Provide a verbatim copy of the data below.

....

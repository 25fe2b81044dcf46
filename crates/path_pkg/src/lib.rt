//! Paths and packages: paths as they are sent and as they are read again, paths made simple, and packages of
//! a tree's directories, files and links, written as a framed list.
//!
//! The contract: a path is mapped, made simple or packed exactly as the definitions of `specs/` say of its
//! text and of what a tree tells that it holds, and is refused exactly where they say, in their order; a tree
//! or a sink fails a call only where its count rose; a refused call adds nothing; what is written is the one
//! framed list of what was added, and after a fault a front of it. The layers above use the transformers, the
//! packagers' traits and the builder.
#![tactic(auto)]

mod collect;
pub mod fault;
pub mod framed;
pub mod laws;
mod link_lookup;
pub mod listed_calls;
pub mod mem_packager;
pub mod mem_tree;
pub mod node;
pub mod package;
pub mod packagers;
mod path;
mod place;
mod plain_tree;
pub mod real_tree;
pub mod record;
pub mod recorded;
pub mod simplify;
mod sorted;
pub mod tree;
pub mod unix;
mod win_path;
pub mod windows;
mod write;
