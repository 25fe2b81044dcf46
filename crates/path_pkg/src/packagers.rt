//! Who makes the bytes that are sent: toolchain packages, inputs and outputs.
ghost use Rattle.std.specs.Prelude.{◌≡◌, ◌≤◌, ℕ, List, Option, None, Err, OnOk};
ghost use Rattle.dist_types.specs.Cause.{Rose};
ghost use Rattle.path_pkg.specs.Append.{HasAppended, Appends};
ghost use Rattle.path_pkg.specs.Called.{CalledOnce};

use crate::fault::PackFault;
use crate::unix::PathTransformer;

/// Packs a toolchain.
pub trait ToolchainPackager {
    /// How often it refused. Want of memory does not raise it.
    ghost refusals: { Self → ℕ };

    /// The bytes that it appends, where it tells them.
    ghost packs: { Self → Option (List ℕ) } = { λ _. None };

    /// How often it was called, where it tells that.
    ghost times: { Self → Option ℕ } = { λ _. None };

    /// Appends the package.
    fn write_pkg(&mut self, out: &mut Vec<u8>) -> Result<(), PackFault>
        ensures packed { OnOk result (Appends (packs self.old) out.old.items out.new.items) }
        ensures appends { HasAppended out.old.items out.new.items }
        ensures steady { OnOk result (refusals self.new ≡ refusals self.old) }
        ensures later { refusals self.old ≤ refusals self.new }
        ensures cause { result ≡ Err PackFault.Refused → Rose (refusals self.old) (refusals self.new) }
        ensures no_memory { result ≡ Err PackFault.Memory → refusals self.new ≡ refusals self.old }
        ensures called { CalledOnce (times self.old) (times self.new) };
}

/// Packs the inputs of a compile command.
pub trait InputsPackager {
    /// How often it refused. Want of memory does not raise it.
    ghost refusals: { Self → ℕ };

    /// The bytes that it appends, where it tells them.
    ghost packs: { Self → Option (List ℕ) } = { λ _. None };

    /// How often it was called, where it tells that.
    ghost times: { Self → Option ℕ } = { λ _. None };

    /// Appends the inputs, and gives what mapped their paths.
    fn write_inputs(&mut self, out: &mut Vec<u8>) -> Result<PathTransformer, PackFault>
        ensures packed { OnOk result (Appends (packs self.old) out.old.items out.new.items) }
        ensures appends { HasAppended out.old.items out.new.items }
        ensures steady { OnOk result (refusals self.new ≡ refusals self.old) }
        ensures later { refusals self.old ≤ refusals self.new }
        ensures cause { result ≡ Err PackFault.Refused → Rose (refusals self.old) (refusals self.new) }
        ensures no_memory { result ≡ Err PackFault.Memory → refusals self.new ≡ refusals self.old }
        ensures called { CalledOnce (times self.old) (times self.new) };
}

/// Packs the outputs of a compile command again.
pub trait OutputsRepackager {
    /// How often it refused. Want of memory does not raise it.
    ghost refusals: { Self → ℕ };

    /// The bytes that it appends, where it tells them.
    ghost packs: { Self → Option (List ℕ) } = { λ _. None };

    /// How often it was called, where it tells that.
    ghost times: { Self → Option ℕ } = { λ _. None };

    /// Appends the outputs, and gives what mapped their paths.
    fn repackage_outputs(&mut self, out: &mut Vec<u8>) -> Result<PathTransformer, PackFault>
        ensures packed { OnOk result (Appends (packs self.old) out.old.items out.new.items) }
        ensures appends { HasAppended out.old.items out.new.items }
        ensures steady { OnOk result (refusals self.new ≡ refusals self.old) }
        ensures later { refusals self.old ≤ refusals self.new }
        ensures cause { result ≡ Err PackFault.Refused → Rose (refusals self.old) (refusals self.new) }
        ensures no_memory { result ≡ Err PackFault.Memory → refusals self.new ≡ refusals self.old }
        ensures called { CalledOnce (times self.old) (times self.new) };
}
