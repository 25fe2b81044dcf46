//! The records of a package in the order in which they are written.
ghost use Rattle.std.specs.Prelude.{◌≡◌, IfOk, OnOk, OnErr};
ghost use Rattle.std.specs.Option.{option_to_list};
ghost use Rattle.path_pkg.specs.Written.{texts_of, put, put_all, rank_of, entry_of, in_rank, sorted};
ghost use Rattle.path_pkg.specs.Written.{EntriesFit};
ghost use Rattle.path_pkg.specs.Records.{RecordsFit};

use crate::record::Record;
use dist_types::text::Text;
use std::alloc::{AllocError, Global};
use std::collections::BTreeMap;

/// Paths in byte order, each with the target of the link there, or no text.
pub(crate) type Entries = BTreeMap<String, Text>;

fn rank_of(r: &Record) -> u8
    ensures { result ≡ rank_of r.now }
{
    match r {
        Record::Dir(_) => 0,
        Record::File(_) => 1,
        Record::Link(_, _) => 2,
    }
}

fn path_of(r: &Record) -> &str
    ensures { result.now ≡ (entry_of r.now).0 }
{
    match r {
        Record::Dir(path) => path.get(),
        Record::File(path) => path.get(),
        Record::Link(path, _) => path.get(),
    }
}

fn target_of(r: &Record) -> &str
    ensures { result.now ≡ (entry_of r.now).1 }
{
    match r {
        Record::Dir(_) => "",
        Record::File(_) => "",
        Record::Link(_, target) => target.get(),
    }
}

/// Puts one entry more, at its place or in place of the entry of its path.
pub(crate) fn put(
    alloc: Global,
    entries: &mut Entries,
    path: &str,
    target: &str,
) -> Result<(), AllocError>
    ensures put { OnOk result (texts_of entries.new.entries ≡ put (texts_of entries.old.entries)
        (path.now, target.now)) }
    ensures same { OnErr result (texts_of entries.new.entries ≡ texts_of entries.old.entries) }
{
    let key = String::from_str(alloc, path)?;
    let value = Text::of(alloc, target)?;
    entries.insert(key, value)?;
    Ok(())
}

fn put_ranked(alloc: Global, entries: &mut Entries, rank: u8, r: &Record) -> Result<(), AllocError>
    ensures { OnOk result (texts_of entries.new.entries ≡ put_all (texts_of entries.old.entries)
        (option_to_list (in_rank rank r.now))) }
{
    if rank_of(r) != rank {
        return Ok(());
    }
    put(alloc, entries, path_of(r), target_of(r))?;
    Ok(())
}

/// The records of one kind: by path in byte order, of each path the last.
#[tactic(auto, unfolding(crate::specs::Written::sorted))]
fn in_order(alloc: Global, records: &[Record], rank: u8) -> Result<Entries, AllocError>
    ensures { IfOk result (λ m. texts_of m.entries ≡ sorted rank records.now) }
{
    let mut entries = BTreeMap::new(alloc);
    for r in records {
        put_ranked(alloc, &mut entries, rank, r)?;
    }
    Ok(entries)
}

/// The same, where the records fit.
pub(crate) fn sorted(alloc: Global, records: &[Record], rank: u8) -> Result<Entries, AllocError>
    requires { RecordsFit records.now }
    ensures sorted { IfOk result (λ m. texts_of m.entries ≡ sorted rank records.now) }
    ensures fit { IfOk result (λ m. EntriesFit (texts_of m.entries)) }
{
    let entries = in_order(alloc, records, rank)?;
    Ok(entries)
}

....

◆ FINISHED TASK:
repository 25fe2b81044dcf46
filename crates/path_pkg/src/lib.rt
//! Paths and packages: paths as they are sent and as they are read again, paths made simple, and packages of
//! a tree's directories, files and links, written as a framed list.
//!
//! The contract: a path is mapped, made simple or packed exactly as the definitions of `specs/` say of its
//! text and of what a tree tells that it holds, and is refused exactly where they say, in their order; a tree
//! or a sink fails a call only where its count rose; a refused call adds nothing; what is written is the one
//! framed list of what was added, and after a fault a front of it. The layers above use the transformers, the
//! packagers' traits and the builder.
#![tactic(auto)]

mod collect;
pub mod fault;
pub mod framed;
pub mod laws;
mod link_lookup;
pub mod listed_calls;
pub mod mem_packager;
pub mod mem_tree;
pub mod node;
pub mod package;
pub mod packagers;
mod path;
mod place;
mod plain_tree;
pub mod real_tree;
pub mod record;
pub mod recorded;
pub mod simplify;
mod sorted;
pub mod tree;
pub mod unix;
mod win_path;
pub mod windows;
mod write;
repository 25fe2b81044dcf46
filename crates/path_pkg/src/packagers.rt
//! Who makes the bytes that are sent: toolchain packages, inputs and outputs.
ghost use Rattle.std.specs.Prelude.{◌≡◌, ◌≤◌, ℕ, List, Option, None, Err, OnOk};
ghost use Rattle.dist_types.specs.Cause.{Rose};
ghost use Rattle.path_pkg.specs.Append.{HasAppended, Appends};
ghost use Rattle.path_pkg.specs.Called.{CalledOnce};

use crate::fault::PackFault;
use crate::unix::PathTransformer;

/// Packs a toolchain.
pub trait ToolchainPackager {
    /// How often it refused. Want of memory does not raise it.
    ghost refusals: { Self → ℕ };

    /// The bytes that it appends, where it tells them.
    ghost packs: { Self → Option (List ℕ) } = { λ _. None };

    /// How often it was called, where it tells that.
    ghost times: { Self → Option ℕ } = { λ _. None };

    /// Appends the package.
    fn write_pkg(&mut self, out: &mut Vec<u8>) -> Result<(), PackFault>
        ensures packed { OnOk result (Appends (packs self.old) out.old.items out.new.items) }
        ensures appends { HasAppended out.old.items out.new.items }
        ensures steady { OnOk result (refusals self.new ≡ refusals self.old) }
        ensures later { refusals self.old ≤ refusals self.new }
        ensures cause { result ≡ Err PackFault.Refused → Rose (refusals self.old) (refusals self.new) }
        ensures no_memory { result ≡ Err PackFault.Memory → refusals self.new ≡ refusals self.old }
        ensures called { CalledOnce (times self.old) (times self.new) };
}

/// Packs the inputs of a compile command.
pub trait InputsPackager {
    /// How often it refused. Want of memory does not raise it.
    ghost refusals: { Self → ℕ };

    /// The bytes that it appends, where it tells them.
    ghost packs: { Self → Option (List ℕ) } = { λ _. None };

    /// How often it was called, where it tells that.
    ghost times: { Self → Option ℕ } = { λ _. None };

    /// Appends the inputs, and gives what mapped their paths.
    fn write_inputs(&mut self, out: &mut Vec<u8>) -> Result<PathTransformer, PackFault>
        ensures packed { OnOk result (Appends (packs self.old) out.old.items out.new.items) }
        ensures appends { HasAppended out.old.items out.new.items }
        ensures steady { OnOk result (refusals self.new ≡ refusals self.old) }
        ensures later { refusals self.old ≤ refusals self.new }
        ensures cause { result ≡ Err PackFault.Refused → Rose (refusals self.old) (refusals self.new) }
        ensures no_memory { result ≡ Err PackFault.Memory → refusals self.new ≡ refusals self.old }
        ensures called { CalledOnce (times self.old) (times self.new) };
}

/// Packs the outputs of a compile command again.
pub trait OutputsRepackager {
    /// How often it refused. Want of memory does not raise it.
    ghost refusals: { Self → ℕ };

    /// The bytes that it appends, where it tells them.
    ghost packs: { Self → Option (List ℕ) } = { λ _. None };

    /// How often it was called, where it tells that.
    ghost times: { Self → Option ℕ } = { λ _. None };

    /// Appends the outputs, and gives what mapped their paths.
    fn repackage_outputs(&mut self, out: &mut Vec<u8>) -> Result<PathTransformer, PackFault>
        ensures packed { OnOk result (Appends (packs self.old) out.old.items out.new.items) }
        ensures appends { HasAppended out.old.items out.new.items }
        ensures steady { OnOk result (refusals self.new ≡ refusals self.old) }
        ensures later { refusals self.old ≤ refusals self.new }
        ensures cause { result ≡ Err PackFault.Refused → Rose (refusals self.old) (refusals self.new) }
        ensures no_memory { result ≡ Err PackFault.Memory → refusals self.new ≡ refusals self.old }
        ensures called { CalledOnce (times self.old) (times self.new) };
}
repository 25fe2b81044dcf46
//! The records of a package in the order in which they are written.
ghost use Rattle.std.specs.Prelude.{◌≡◌, IfOk, OnOk, OnErr};
ghost use Rattle.std.specs.Option.{option_to_list};
ghost use Rattle.path_pkg.specs.Written.{texts_of, put, put_all, rank_of, entry_of, in_rank, sorted};
ghost use Rattle.path_pkg.specs.Written.{EntriesFit};
ghost use Rattle.path_pkg.specs.Records.{RecordsFit};

use crate::record::Record;
use dist_types::text::Text;
use std::alloc::{AllocError, Global};
use std::collections::BTreeMap;

/// Paths in byte order, each with the target of the link there, or no text.
pub(crate) type Entries = BTreeMap<String, Text>;

fn rank_of(r: &Record) -> u8
    ensures { result ≡ rank_of r.now }
{
    match r {
        Record::Dir(_) => 0,
        Record::File(_) => 1,
        Record::Link(_, _) => 2,
    }
}

fn path_of(r: &Record) -> &str
    ensures { result.now ≡ (entry_of r.now).0 }
{
    match r {
        Record::Dir(path) => path.get(),
        Record::File(path) => path.get(),
        Record::Link(path, _) => path.get(),
    }
}

fn target_of(r: &Record) -> &str
    ensures { result.now ≡ (entry_of r.now).1 }
{
    match r {
        Record::Dir(_) => "",
        Record::File(_) => "",
        Record::Link(_, target) => target.get(),
    }
}

/// Puts one entry more, at its place or in place of the entry of its path.
pub(crate) fn put(
    alloc: Global,
    entries: &mut Entries,
    path: &str,
    target: &str,
) -> Result<(), AllocError>
    ensures put { OnOk result (texts_of entries.new.entries ≡ put (texts_of entries.old.entries)
        (path.now, target.now)) }
    ensures same { OnErr result (texts_of entries.new.entries ≡ texts_of entries.old.entries) }
{
    let key = String::from_str(alloc, path)?;
    let value = Text::of(alloc, target)?;
    entries.insert(key, value)?;
    Ok(())
}

fn put_ranked(alloc: Global, entries: &mut Entries, rank: u8, r: &Record) -> Result<(), AllocError>
    ensures { OnOk result (texts_of entries.new.entries ≡ put_all (texts_of entries.old.entries)
        (option_to_list (in_rank rank r.now))) }
{
    if rank_of(r) != rank {
        return Ok(());
    }
    put(alloc, entries, path_of(r), target_of(r))?;
    Ok(())
}

/// The records of one kind: by path in byte order, of each path the last.
#[tactic(auto, unfolding(crate::specs::Written::sorted))]
fn in_order(alloc: Global, records: &[Record], rank: u8) -> Result<Entries, AllocError>
    ensures { IfOk result (λ m. texts_of m.entries ≡ sorted rank records.now) }
{
    let mut entries = BTreeMap::new(alloc);
    for r in records {
        put_ranked(alloc, &mut entries, rank, r)?;
    }
    Ok(entries)
}

/// The same, where the records fit.
pub(crate) fn sorted(alloc: Global, records: &[Record], rank: u8) -> Result<Entries, AllocError>
    requires { RecordsFit records.now }
    ensures sorted { IfOk result (λ m. texts_of m.entries ≡ sorted rank records.now) }
    ensures fit { IfOk result (λ m. EntriesFit (texts_of m.entries)) }
{
    let entries = in_order(alloc, records, rank)?;
    Ok(entries)
}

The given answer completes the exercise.